The following examples outline the typical applications, their requirements, and the features that the application framework provides or supports.

Extract-Transform-Load (ETL) applications

ETL applications extract data from multiple data sources in multiple formats (CSV, ASN.1, or other binary formats), transform the data for storage in a proper and unified format or structure, and load it into a database or data warehouse.

Typical transformation types are listed in the following table. The types that are built-in or supported by the application framework are marked with an asterisk (*):
  • Selecting a subset of records (filtering) or of the available data (reduction) (*)
  • Applying any form of simple or complex validation (*)
  • Translating values, for example, 1 to male or male to M (*)
  • Deriving new calculated values (*)
  • Sorting records
  • Joining data from multiple sources
  • Deduplicating data (*)
  • Aggregating data (*)
  • Generating surrogate keys (*)
  • Turning multiple columns into multiple rows (*)
  • Turning multiple rows into multiple columns
  • Splitting a column into multiple columns (*)
  • Disaggregating repeating data
  • Looking up relevant or referential data for slowly changing dimensions (*)

The applications that use the application framework load the data into simple flat CSV files that can be loaded into databases or data warehouses using other InfoSphere Streams toolkits or the DbLoader application on GitHub in the IBMStreams/samples directory.

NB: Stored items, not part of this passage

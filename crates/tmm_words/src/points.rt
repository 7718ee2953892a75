// Points and occurrences.
ghost use Rattle.std.specs.Prelude.{◌≡◌, ◌==◌, ◌∷◌, ◌<◌, ◌≤◌, length, position, IfSome, IfOk, OnErr, IsTrue};
ghost use Rattle.tmm_model.specs.Points.{point_word, occ_word};
ghost use Rattle.tmm_model.specs.Lines.{IsWellFormedPoint, IsWellFormedOcc};
ghost use Rattle.tmm_grammar.specs.Reading.{parts, parts_behind};
ghost use Rattle.tmm_words.specs.Spelling.{IsSpelling, HasRules, begins_derived};

use std::alloc::Global;
use tmm_model::{Name, NoMemory, Occ, PointName, Seq};

/// The declared point that a word names: `start`, a name, or a name and `.end`.
pub fn point_name(word: &[u8]) -> Option<PointName>
    ensures { IsSpelling point_word IsWellFormedPoint word.now result }
{
    if word == b"start".as_slice() {
        return Some(PointName::Start);
    }
    match word.strip_suffix(b".end".as_slice()) {
        Some(span) => Some(PointName::End(Name::of(span)?)),
        None => Some(PointName::Begin(Name::of(word)?)),
    }
}

/// The occurrence that a word names: a name, and any number of further names, each behind a `/`,
/// which alone take memory.
pub fn occ(alloc: Global, word: &[u8]) -> Result<Option<Occ>, NoMemory>
    ensures read { IfOk result (IsSpelling occ_word IsWellFormedOcc word.now) }
    ensures memory { OnErr result (HasRules word.now) }
    ensures derived { OnErr result (IsTrue (begins_derived word.now)) }
{
    let (first, mut rest) = split_part(word);
    let Some(root) = Name::of(first) else {
        return Ok(None);
    };
    let mut rules = Seq::make(alloc);
    while let [_, behind @ ..] = rest {
        let (part, after) = split_part(behind);
        let Some(rule) = Name::of(part) else {
            return Ok(None);
        };
        if rules.push(rule).is_err() {
            return Err(NoMemory);
        }
        rest = after;
    }
    Ok(Some(Occ { root, rules }))
}

// The bytes before the first `/`, and the rest from it on.
fn split_part(bytes: &[u8]) -> (&[u8], &[u8])
    ensures parts { parts bytes.now ≡ result.0.now ∷ parts_behind result.1.now }
    ensures shorter { length result.1.now ≤ length bytes.now }
{
    let len = first_slash(bytes).unwrap_or(bytes.len());
    bytes.split_at(len)
}

fn first_slash(bytes: &[u8]) -> Option<usize>
    ensures place { result ≡ position (λ b. b == 47) bytes.now }
    ensures within { IfSome result (λ i. i < length bytes.now) }
{
    bytes.iter().position(|b| *b == b'/')
}
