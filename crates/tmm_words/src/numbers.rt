// Numbers and bounds.
ghost use Rattle.std.specs.Prelude.{◌≡◌};
ghost use Rattle.tmm_model.specs.Lines.{number_word, bound_word, IsNumber, IsBound};
ghost use Rattle.tmm_grammar.specs.Reading.{number_of, natural_of, digits_on, negative as negative_of};
ghost use Rattle.tmm_words.specs.Spelling.{IsSpelling};

use tmm_model::{Bound, GREATEST_NUMBER};

/// The number that a word spells: `0`, or an optional `-` and digits whose first is not `0`, of at
/// most 1,000,000,000 in absolute value.
pub fn number(word: &[u8]) -> Option<i64>
    ensures { IsSpelling number_word IsNumber word.now result }
{
    signed(word)
}

/// The bound that a word spells: a number, or `*` for none.
pub fn bound(word: &[u8]) -> Option<Bound>
    ensures { IsSpelling bound_word IsBound word.now result }
{
    if word == b"*".as_slice() {
        Some(Bound::Free)
    } else {
        number(word).map(Bound::Finite)
    }
}

#[tactic(auto, unfolding(tmm_grammar::specs::Reading::number_of))]
fn signed(word: &[u8]) -> Option<i64>
    ensures { result ≡ number_of word.now }
{
    match word {
        [] => None,
        [b'-', digits @ ..] => negative(natural(digits)?),
        digits => Some(i64::from(natural(digits)?)),
    }
}

fn negative(n: u32) -> Option<i64>
    ensures { result ≡ negative_of n }
{
    if n == 0 { None } else { Some(-i64::from(n)) }
}

#[tactic(auto, unfolding(tmm_grammar::specs::Reading::natural_of))]
fn natural(word: &[u8]) -> Option<u32>
    ensures { result ≡ natural_of word.now }
{
    match word {
        [] => None,
        [b'0'] => Some(0),
        [b'0', ..] => None,
        digits => value(digits),
    }
}

fn value(digits: &[u8]) -> Option<u32>
    ensures { result ≡ digits_on 0 digits.now }
{
    let mut value = 0;
    for b in digits {
        if !b.is_ascii_digit() {
            return None;
        }
        let next = value as u64 * 10 + u64::from(*b - b'0');
        if next > GREATEST_NUMBER as u64 {
            return None;
        }
        value = next as u32;
    }
    Some(value)
}
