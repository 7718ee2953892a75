// The words of a line.
ghost use Rattle.std.specs.Prelude.{◌≡◌, ◌∷◌, [], ◌≤◌, ◌<◌, drop, position, slice_range, length, not, IfSome, IsNone, ◌↔◌, MatchOption};
ghost use Rattle.tmm_model.specs.Lines.{is_blank, words};
ghost use Rattle.tmm_grammar.specs.LineCuts.{AreBlanks};
ghost use Rattle.tmm_words.specs.Places.{IsFirstWord};

/// Where the first word of the line at or after a place begins and ends, none exactly where there
/// is none.
pub fn next_word(line: &[u8], from: usize) -> Option<(usize, usize)>
    requires { from ≤ length line.now }
    ensures none { IsNone result ↔ AreBlanks (drop from line.now) }
    ensures some { IfSome result (λ w. IsFirstWord line.now from w.0 w.1) }
{
    let rest = &line[from..];
    let begin = first_byte(rest)?;
    let word = &rest[begin..];
    let len = first_blank(word).unwrap_or(word.len());
    Some((from + begin, from + begin + len))
}

/// The first word of the line and what follows it, none exactly where there is no word.
pub fn split_word(line: &[u8]) -> Option<(&[u8], &[u8])>
    ensures { MatchOption result (words line.now ≡ []) (λ x. words line.now ≡ x.0.now ∷ words x.1.now) }
{
    let (begin, end) = next_word(line, 0)?;
    Some((&line[begin..end], &line[end..]))
}

// The place of the first byte that is no blank.
fn first_byte(bytes: &[u8]) -> Option<usize>
    ensures place { result ≡ position (λ b. not (is_blank b)) bytes.now }
    ensures within { IfSome result (λ i. i < length bytes.now) }
{
    bytes.iter().position(|b| !blank(*b))
}

// The place of the first blank.
fn first_blank(bytes: &[u8]) -> Option<usize>
    ensures place { result ≡ position is_blank bytes.now }
    ensures within { IfSome result (λ i. i < length bytes.now) }
{
    bytes.iter().position(|b| blank(*b))
}

fn blank(b: u8) -> bool
    ensures { result ≡ is_blank b }
{
    b == b' ' || b == b'\t' || b == b'\r'
}
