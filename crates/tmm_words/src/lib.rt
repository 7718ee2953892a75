//! The words of a script line, and what single words spell: numbers, bounds, points and
//! occurrences. It stands on `tmm_model`. A word is read exactly where the grammar spells a value
//! so, and as that value; only an occurrence with rules takes memory.
#![tactic(auto)]

mod numbers;
mod points;
mod words;

pub use numbers::{bound, number};
pub use points::{occ, point_name};
pub use words::{next_word, split_word};

#[cfg(test)]
mod tests;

Related link: Extract, transform, load

Campaign Management applications

Campaign management systems target customer groups according to selected criteria. The system sends campaign-related materials, such as special offers, to targeted customers. For example, a telecommunications company has a customer who experienced five dropped calls a day. This customer receives a discount or free minutes to prevent contract cancellation. Or, another customer only calls five numbers receives an offer to pay, for example, a small fee but gets a discount for each call to these five numbers.

Typical KPIs are:
  • Number of dropped calls within a time period
  • Voice minutes within a time period
  • Voucher recharges within a time period

The source systems for such a system can be mobile network elements, such as a mobile switching center (MSC) that stores call details records (CDRs).

An InfoSphere Streams application that uses the application framework extracts and transforms the input data, calculates the required KPIs in near real-time, and sends events in case of crossed thresholds to another system that is responsible for providing the appropriate offer.